Johanna, de echtgenote van Emanuel, kwam uit het gezin met drie dochters van Samuel de Leeuw (1881) en Judith de Leeuw-Meijers (1877). Slechts één van hen overleefde de oorlog.
Gevlucht uit Westerbork?
Emanuel en Johanna werden tijdens de grote, landelijke razzia in het weekend van 3, 4 en 5 oktober 1942 opgepakt en afgevoerd naar doorgangskamp Westerbork. Althans, dat vermeldt hun Joodse Raad-kaart. Maar het echtpaar bleek ook ondergedoken te zijn geweest op het adres Valkenweg 80 in Apeldoorn. Het is niet duidelijk wat er tussen 3,4 en 5 oktober en 25 april 1943 gebeurd is, toen Emanuel en Johanna op bovengenoemd adres door de nazi’s werden gearresteerd. De aantekeningen op de Joodse Raad-kaarten waren lang niet altijd betrouwbaar. Dat gold met name voor de notities die in oktober 1942 werden aangebracht. Het aantal gevangenen in Kamp Westerbork groeide in dat weekend van drie- naar vijftienduizend. De administratie liep daardoor helemaal vast en vervolgens behoorlijk achter.
Een verzetsgroep bracht regelmatig Joden onder in Apeldoorn-Zuid, destijds een vrij nieuwe woonwijk. Uit onderzoek is gebleken dat enkele adressen in Apeldoorn, waaronder Valkenweg 80, in de laatste week van april 1943 grondig werden doorzocht.
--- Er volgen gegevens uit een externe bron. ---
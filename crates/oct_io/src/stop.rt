//! Why a run stops before its end.
ghost use Rattle.std.specs.Prelude.{◌≡◌};
ghost use Rattle.oct_io.specs.Stops.{stop_of_sink, stop_of_store, status_of};
ghost use Rattle.oct_io.specs.declared.stop.Stop.TheVariants as stop;

use crate::sink::SinkFault;
use crate::source::Failed;
use crate::status::Status;
use crate::store::StoreFault;
use oct_num::Memory;
use thiserror::Error;

/// Why a session stopped before the end of its script.
#[derive(Clone, Copy, Debug, PartialEq, Eq, Error)]
pub enum Stop {
    /// The script has more bytes than it may have.
    #[error("input too long")]
    TooLong,
    /// The source failed.
    #[error("read fault")]
    ReadFault,
    /// The sink failed.
    #[error("write fault")]
    WriteFault,
    /// Memory ran out.
    #[error("out of memory")]
    Memory,
    /// The store failed.
    #[error("store fault")]
    StoreFault,
}

impl From<Memory> for Stop {
    ghost from_gives = { λ _ e. e ≡ stop.Memory };

    fn from(_: Memory) -> Self {
        Stop::Memory
    }
}

impl From<Failed> for Stop {
    ghost from_gives = { λ _ e. e ≡ stop.ReadFault };

    fn from(_: Failed) -> Self {
        Stop::ReadFault
    }
}

impl From<SinkFault> for Stop {
    ghost from_gives = { λ fault e. e ≡ stop_of_sink fault };

    fn from(fault: SinkFault) -> Self {
        match fault {
            SinkFault::Failed => Stop::WriteFault,
            SinkFault::Memory => Stop::Memory,
        }
    }
}

impl From<StoreFault> for Stop {
    ghost from_gives = { λ fault e. e ≡ stop_of_store fault };

    fn from(fault: StoreFault) -> Self {
        match fault {
            StoreFault::Failed => Stop::StoreFault,
            StoreFault::Memory => Stop::Memory,
        }
    }
}

impl From<Stop> for Status {
    ghost from_gives = { λ e status. status ≡ status_of e };

    fn from(stop: Stop) -> Self {
        match stop {
            Stop::TooLong => Status::TooLong,
            Stop::ReadFault => Status::ReadFault,
            Stop::WriteFault => Status::WriteFault,
            Stop::Memory => Status::Memory,
            Stop::StoreFault => Status::StoreFault,
        }
    }
}
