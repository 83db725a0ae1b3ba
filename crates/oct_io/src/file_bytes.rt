//! The bytes of a whole file.
ghost use Rattle.std.specs.Prelude.{◌≡◌, ◌<◌, ◌↔◌, ◌++◌, ◌∷◌, [], length, IfOk, IsTrue};
ghost use Rattle.std.specs.Prelude.{OnErr, OnOk};

use oct_num::Memory;
use std::alloc::Global;
use std::marker::Model;

/// The bytes of a file. Contracts see them as a list.
#[derive(Debug, Drop)]
pub struct FileBytes {
    bytes: Vec<u8>,
}

impl Model for FileBytes {
    ghost use Rattle.std.specs.Prelude.{ℕ, List};

    ghost Value = { List ℕ };

    ghost view = { λ b. b.bytes.items };
}

impl FileBytes {
    /// No bytes.
    pub fn new(alloc: Global) -> Self
        ensures { result ≡ [] }
    {
        FileBytes {
            bytes: Vec::new(alloc),
        }
    }

    /// A copy of these bytes. None need no memory.
    pub fn from_slice(alloc: Global, bytes: &[u8]) -> Result<Self, Memory>
        ensures copied { IfOk result (λ copy. copy ≡ bytes.now) }
        ensures memory { OnErr result (0 < length bytes.now) }
    {
        let mut copy = FileBytes::new(alloc);
        copy.extend_from_slice(bytes)?;
        Ok(copy)
    }

    /// How many bytes there are.
    pub fn len(&self) -> usize
        ensures { result ≡ length self.now }
    {
        self.bytes.len()
    }

    /// Whether there are none.
    pub fn is_empty(&self) -> bool
        ensures { IsTrue result ↔ (self.now ≡ []) }
    {
        self.bytes.is_empty()
    }

    /// The bytes in order.
    pub fn as_slice(&self) -> &[u8]
        ensures { result.now ≡ self.now }
    {
        self.bytes.as_slice()
    }

    /// Adds a byte at the end.
    pub fn push(&mut self, byte: u8) -> Result<(), Memory>
        ensures ok { OnOk result (self.new ≡ self.old ++ byte ∷ []) }
        ensures err { OnErr result (self.new ≡ self.old) }
    {
        self.bytes.push(byte)?;
        Ok(())
    }

    /// Adds the bytes of a slice at the end. None need no memory.
    pub fn extend_from_slice(&mut self, bytes: &[u8]) -> Result<(), Memory>
        ensures ok { OnOk result (self.new ≡ self.old ++ bytes.now) }
        ensures err { OnErr result (self.new ≡ self.old) }
        ensures memory { OnErr result (0 < length bytes.now) }
    {
        self.bytes.extend_from_slice(bytes)?;
        Ok(())
    }
}

impl From<Vec<u8>> for FileBytes {
    ghost from_gives = { λ v b. b ≡ v.items };

    fn from(bytes: Vec<u8>) -> Self {
        FileBytes { bytes }
    }
}
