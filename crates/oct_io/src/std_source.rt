//! A reader of std that a script or a file comes from.
ghost use Rattle.std.specs.Prelude.{◌≡◌, ◌≤◌, None, length, IfOk};
ghost use Rattle.std.specs.Io.KnownBytes.{ReadConsumes};
ghost use Rattle.oct_io.specs.Counts.{IsReadCounted};

use crate::source::{Failed, Source};
use std::io::Read;
use std::marker::Model;

/// A reader of std, which tells nothing of its bytes.
#[derive(Drop)]
pub struct StdSource<R: Read + Drop> {
    reader: R,
    faults: u64,
}

impl<R: Read + Drop> Model for StdSource<R> {
    ghost use Rattle.oct_io.specs.Held.{Reading};

    ghost Value = { Reading };

    ghost view = { λ s. record { told = R.remaining s.reader; faults = s.faults } };
}

impl<R: Read + Drop> StdSource<R> {
    /// A source over this reader, of which no read has failed yet.
    pub fn new(reader: R) -> Self
        ensures told { result.told ≡ R.remaining reader }
        ensures faults { result.faults ≡ 0 }
    {
        StdSource { reader, faults: 0 }
    }
}

impl<R: Read + Drop> Source for StdSource<R> {
    ghost left = { λ _. None };

    ghost faults = { λ s. s.faults };

    // It counts none.
    ghost ends = { λ _. 0 };

    fn read(&mut self, buffer: &mut [u8]) -> Result<usize, Failed>
        ensures passes { ReadConsumes self.old.told self.new.told result buffer.new }
        ensures within { IfOk result (λ n. n ≤ length buffer.old) }
        ensures counts { IsReadCounted result self.old.faults self.new.faults }
    {
        match self.reader.read(buffer) {
            Ok(count) => Ok(count),
            Err(_) => {
                self.faults = self.faults.saturating_add(1);
                Err(Failed)
            }
        }
    }
}
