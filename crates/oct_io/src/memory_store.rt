//! Files in memory that load and save without a failure.
ghost use Rattle.std.specs.Prelude.{◌≡◌, Some, IfOk, IsOkUnless, OnErr, OnOk};
ghost use Rattle.std.specs.Prelude.{option_copied, ◌<◌, All};
ghost use Rattle.std.specs.BTreeMap.{get_by_text};
ghost use Rattle.std.proofs.Props.{props};
ghost use Rattle.oct_io.specs.Files.{AreBytes};

use crate::file_bytes::FileBytes;
use crate::store::{LARGEST_FILE, Loaded, Store, StoreFault};
use std::alloc::Global;
use std::collections::BTreeMap;

/// Files in memory. A load or save gives up only where memory runs out.
#[derive(Drop)]
pub struct MemoryStore {
    alloc: Global,
    files: BTreeMap<String, FileBytes>,
    ghost bytes: { AreBytes (λ name. get_by_text files name) } by { Prim.hlevel props },
}

impl MemoryStore {
    ghost use Rattle.oct_io.specs.MemoryFiles.{files_of};
    ghost use Rattle.oct_io.specs.Files.{no_files};

    /// A store with no files.
    pub fn new(alloc: Global) -> Self
        ensures { files_of result ≡ no_files }
    {
        MemoryStore {
            alloc,
            files: BTreeMap::new(alloc),
        }
    }

    /// The bytes of the file of this name, or `None` where there is no such file.
    pub fn file(&self, name: &str) -> Option<&[u8]>
        ensures { option_copied result ≡ files_of self.now name.now }
    {
        match self.files.get(name) {
            Some(bytes) => Some(bytes.as_slice()),
            None => None,
        }
    }
}

/// Each byte is one, which no clause says of a slice: this walk reads them, and is compiled away.
fn each_fits(bytes: &[u8])
    ensures { All (λ byte. byte < 256) bytes.now }
{
    for byte in bytes {
        let _ = *byte;
    }
}

impl Store for MemoryStore {
    ghost use Rattle.oct_io.specs.MemoryFiles.{files_of};
    ghost use Rattle.oct_io.specs.Files.{KeepsOthers, with_file};
    ghost use Rattle.oct_io.specs.Loaded.{loaded_of, IsWithinLimit, TakesMemory};

    ghost files = { λ s. Some (files_of s) };

    ghost faults = { λ _. 0 };

    // It counts none.
    ghost calls = { λ _. 0 };

    ghost tells_bytes = { λ s. s.bytes };

    fn load(&mut self, alloc: Global, name: &str) -> Result<Loaded, StoreFault>
        ensures same { files_of self.new ≡ files_of self.old }
        ensures found { IfOk result (λ loaded. loaded ≡ loaded_of (files_of self.old name.now)) }
        ensures limit { IfOk result IsWithinLimit }
        ensures calm { IsOkUnless result StoreFault.Memory }

        // Memory runs out only over the bytes that it answers.
        ensures memory { OnErr result (TakesMemory (files_of self.old name.now)) }
    {
        let Some(bytes) = self.file(name) else {
            return Ok(Loaded::Missing);
        };
        if bytes.len() > LARGEST_FILE {
            return Ok(Loaded::TooLarge);
        }
        Ok(Loaded::Bytes(FileBytes::from_slice(alloc, bytes)?))
    }

    fn save(&mut self, name: &str, bytes: &[u8]) -> Result<(), StoreFault>
        ensures saved { OnOk result
            (files_of self.new ≡ with_file (files_of self.old) name.now bytes.now) }
        ensures others { OnErr result
            (KeepsOthers (Some (files_of self.old)) (Some (files_of self.new)) name.now) }
        ensures err { OnErr result (files_of self.new ≡ files_of self.old) }
        ensures calm { IsOkUnless result StoreFault.Memory }
    {
        each_fits(bytes);
        let key = String::from_str(self.alloc, name)?;
        let value = FileBytes::from_slice(self.alloc, bytes)?;
        self.files.insert(key, value)?;
        Ok(())
    }
}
Hoe het ook zij, op 26 april 1943, werden Emanuel en Johanna naar Westerbork gedeporteerd, waar ze bij aankomst in barak 66 terecht kwamen. De zwarte hoofdletter ‘S’ rechtsboven op hun kaart verwijst naar ‘straf ‘en wel omdat ze ervan verdacht werden van woonplaats te zijn veranderd zonder de daartoe vereiste vergunning te hebben.
De volgende dag volgde transport naar Sobibor waar Johanna en Emanuel, samen met zoveel anderen, op 30 april werden vermoord.
Emanuel wordt gememoreerd op www.dovenshoa.nl, een site waarop alle Nederlandse dove Joodse slachtoffers van het naziregime worden herdacht.